What is Multi-Modal Selection?
This feature allows you to collect and store multiple forms of data—text, images, screen recordings, audio, and browser tab content—within your workspace. It helps document meetings, provide visual context, and share insights efficiently.
How It Helps
- Integrates multiple data sources in one workspace.
- Supports AI-powered analysis across different formats.
- Improves insights by combining visual and text-based inputs.
How to Use
Step 1: Open Vision Tray from cortx interface. Choose from:

- Screen Capture – Take a screenshot of your screen or a specific window.

- Photo Capture – Take a picture using your device camera.

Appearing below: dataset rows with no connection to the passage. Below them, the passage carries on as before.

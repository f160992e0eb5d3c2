// That the workers of a search run in parallel, from the first state of their segments to the last, and that a worker
// ends only at a place after its segment. That every number of workers gives the same answer.
ghost use Rattle.std.specs.Prelude.{◌≡◌, ◌≤◌, ◌<◌};
ghost use Rattle.rv_machine.specs.Prelude.{IsBlankOf};
ghost use Rattle.plan_types.specs.declared.limits.TheConstants.{MOST_STEPS};

use crate::barrier::Barrier;
use crate::states::first_state;
use input_journal::Journal;
use plan_types::{Gate, NoGate};
use rv_machine::{Steps, advance};
use segment_sweep::{Marks, find_digest};
use state_image::image_digest;
use std::alloc::Global;
use std::marker::Brand;
use std::process::Abort;
use std::sync::atomic::AtomicU32;
use std::sync::atomic::Ordering::SeqCst;
use std::sync::ledger::{Blank, Ledger};
use std::test::Fail;
use std::thread;
use std::thread::Threads;

// ADDI x5, x5, 1 and XORI x5, x5, 1. With a jump back behind it, the states of the first all differ. Those of the second
// repeat after four steps.
const COUNT_UP: u32 = 0x00128293;

const TURN_OVER: u32 = 0x0012c293;

// JAL x0, -4
const JUMP_BACK: u32 = 0xffdff06f;

// A search in the run of a word and a jump back to it: the number of its last state, and the state whose digest is
// wanted, or none, whose digest no state has.
#[derive(Clone, Copy)]
struct Search {
    word: u32,
    last: u32,
    wanted: Option<u32>,
    workers: u32,
}

impl Search {
    fn new(word: u32, last: u32, wanted: Option<u32>, workers: u32) -> Search
        ensures { result ≡ record { word = word; last = last; wanted = wanted; workers = workers } }
    {
        Search {
            word,
            last,
            wanted,
            workers,
        }
    }
}

// What the workers of a search find, each through the gate.
fn found_by<L: Ledger, R: Threads + Sync, G: Gate + Sync>(
    rt: &R,
    abort: &impl Abort,
    alloc: Global,
    search: Search,
    gate: &G,
    blank: Blank,
) -> Result<Option<u32>, Fail>
    requires workers { (1 ≤ search.workers) × (search.workers ≤ 64) }
    requires few { search.last ≤ MOST_STEPS }
    requires ledger { IsBlankOf blank.name blank.parts L.name L.parts }
{
    let journal = Journal::none(alloc);
    let mut steps = Steps::<L>::new(blank);
    let start = first_state(abort, alloc, &[0x10], &[search.word, JUMP_BACK], 0)?;
    let mut digest = [0; 32];
    if let Some(number) = search.wanted {
        let mut state = start.clone()?;
        advance(&mut state, &journal, number, &mut steps);
        digest = image_digest(&state);
    }
    let marks = Marks::make(
        alloc,
        &start,
        &journal,
        search.last,
        search.workers,
        &mut steps,
    )?;
    Ok(find_digest(rt, alloc, &marks, &journal, &digest, gate)?)
}

fn find<R: Threads + Sync, G: Gate + Sync>(
    rt: &R,
    abort: &impl Abort,
    alloc: Global,
    wanted: Search,
    gate: &G,
) -> Result<Option<u32>, Fail>
    requires workers { (1 ≤ wanted.workers) × (wanted.workers ≤ 64) }
    requires few { wanted.last ≤ MOST_STEPS }
{
    found_by::<Brand, R, G>(rt, abort, alloc, wanted, gate, Blank::new(1))
}

// No state has the wanted digest, so each of the workers goes through its segment of twenty states.
#[test]
fn workers_search_at_once(rt: HostRuntime) -> Result<(), Fail> {
    for workers in [2, 4, 64] {
        let gate = Barrier::new(rt.alloc(), workers, 17)?;
        let wanted = Search::new(COUNT_UP, 20 * workers - 1, None, workers);
        assert_eq!(rt; find(&rt, &rt, rt.alloc(), wanted, &gate)?, None);
        assert_eq!(rt; gate.calls(), Some(20));
    }
    Ok(())
}

// Waits until there were so many calls, but not forever.
fn wait(calls: &AtomicU32, count: u32) {
    for _ in 0..1_000_000u32 {
        if calls.load(SeqCst) >= count {
            return;
        }
        thread::yield_now();
    }
}

// Segment 1 waits at its first state until segment 0 comes to a certain state, counted from 1. There segment 0 waits
// until segment 1 comes to another one.
#[derive(Drop)]
struct Handover {
    calls: [AtomicU32; 2],
    first: u32,
    second: u32,
}

impl Handover {
    fn new(first: u32, second: u32) -> Handover {
        Handover {
            calls: [AtomicU32::new(0), AtomicU32::new(0)],
            first,
            second,
        }
    }
}

impl Gate for Handover {
    fn enter(&self, segment: u32) {
        if segment >= 2 {
            return;
        }
        let before = self.calls[segment as usize].fetch_add(1, SeqCst);
        if segment == 1 && before == 0 {
            wait(&self.calls[0], self.first);
        }
        if segment == 0 && before.saturating_add(1) == self.first {
            wait(&self.calls[1], self.second);
        }
    }
}

#[test]
fn a_worker_ends_only_at_a_place_behind_its_segment(rt: HostRuntime) -> Result<(), Fail> {
    // Two segments of 501 states. State 510 is the tenth of the second one.
    let gate = Handover::new(10, 11);
    let wanted = Search::new(COUNT_UP, 1000, Some(510), 2);
    assert_eq!(rt; find(&rt, &rt, rt.alloc(), wanted, &gate)?, Some(510));
    assert_eq!(rt; gate.calls[0].load(SeqCst), 10);
    // Two segments of four states. State 2 equals state 6. The place that was stored ends no worker behind it.
    let gate = Handover::new(4, 0);
    let wanted = Search::new(TURN_OVER, 7, Some(2), 2);
    assert_eq!(rt; find(&rt, &rt, rt.alloc(), wanted, &gate)?, Some(6));
    assert_eq!(rt; gate.calls[1].load(SeqCst), 4);
    Ok(())
}

// The first state is that of each fourth step.
#[test]
fn every_number_of_workers_finds_the_same(rt: HostRuntime) -> Result<(), Fail> {
    for workers in [1, 2, 5, 64] {
        let first = Search::new(TURN_OVER, 42, Some(0), workers);
        assert_eq!(rt; find(&rt, &rt, rt.alloc(), first, &NoGate)?, Some(40));
        let none = Search::new(TURN_OVER, 42, None, workers);
        assert_eq!(rt; find(&rt, &rt, rt.alloc(), none, &NoGate)?, None);
    }
    Ok(())
}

- Screen Recording – Record screen activity for demos or tutorials, with optional audio.

- Audio or Video Recording – Record quick verbal or visual messages.


- Tab Monitoring – Select a browser tab to capture and track web content continuously.
- Transcription – Lets you record audio discussions and convert them into actionable text in real time. It also generates summaries from transcriptions, making it ideal for meetings, brainstorming, or structured documentation.
In cortx there are two options to transcribe any conversation:
- Draft Mode – Captures and displays the conversation in real time but does not send messages automatically. Users can review and send messages manually.
- Send Mode – Actively listens and sends transcribed chat bubbles in real time as the user speaks, enabling a continuous, hands-free experience.

- Transcription Tray
The Transcription Tray is your central hub for active transcriptions. By clicking on it, you can instantly see all conversations currently being transcribed. From here, you have several convenient controls:
- Mute and Unmute: Control audio input for transcriptions directly from the tray.
- Quick Summaries: Need a quick overview without navigating away? Simply click the three-dot menu next to any conversation in the tray and select “Summarize” to get a quick summary. This feature-rich Transcription Tray provides a comprehensive view and control over all your active transcription within cortx.

Step 2: Select a combination of input types (images, PDFs, voice, etc.).
Step 3: cortx processes and extracts insights from the selected data.
Step 4: Link the processed data to a document, task, or workflow.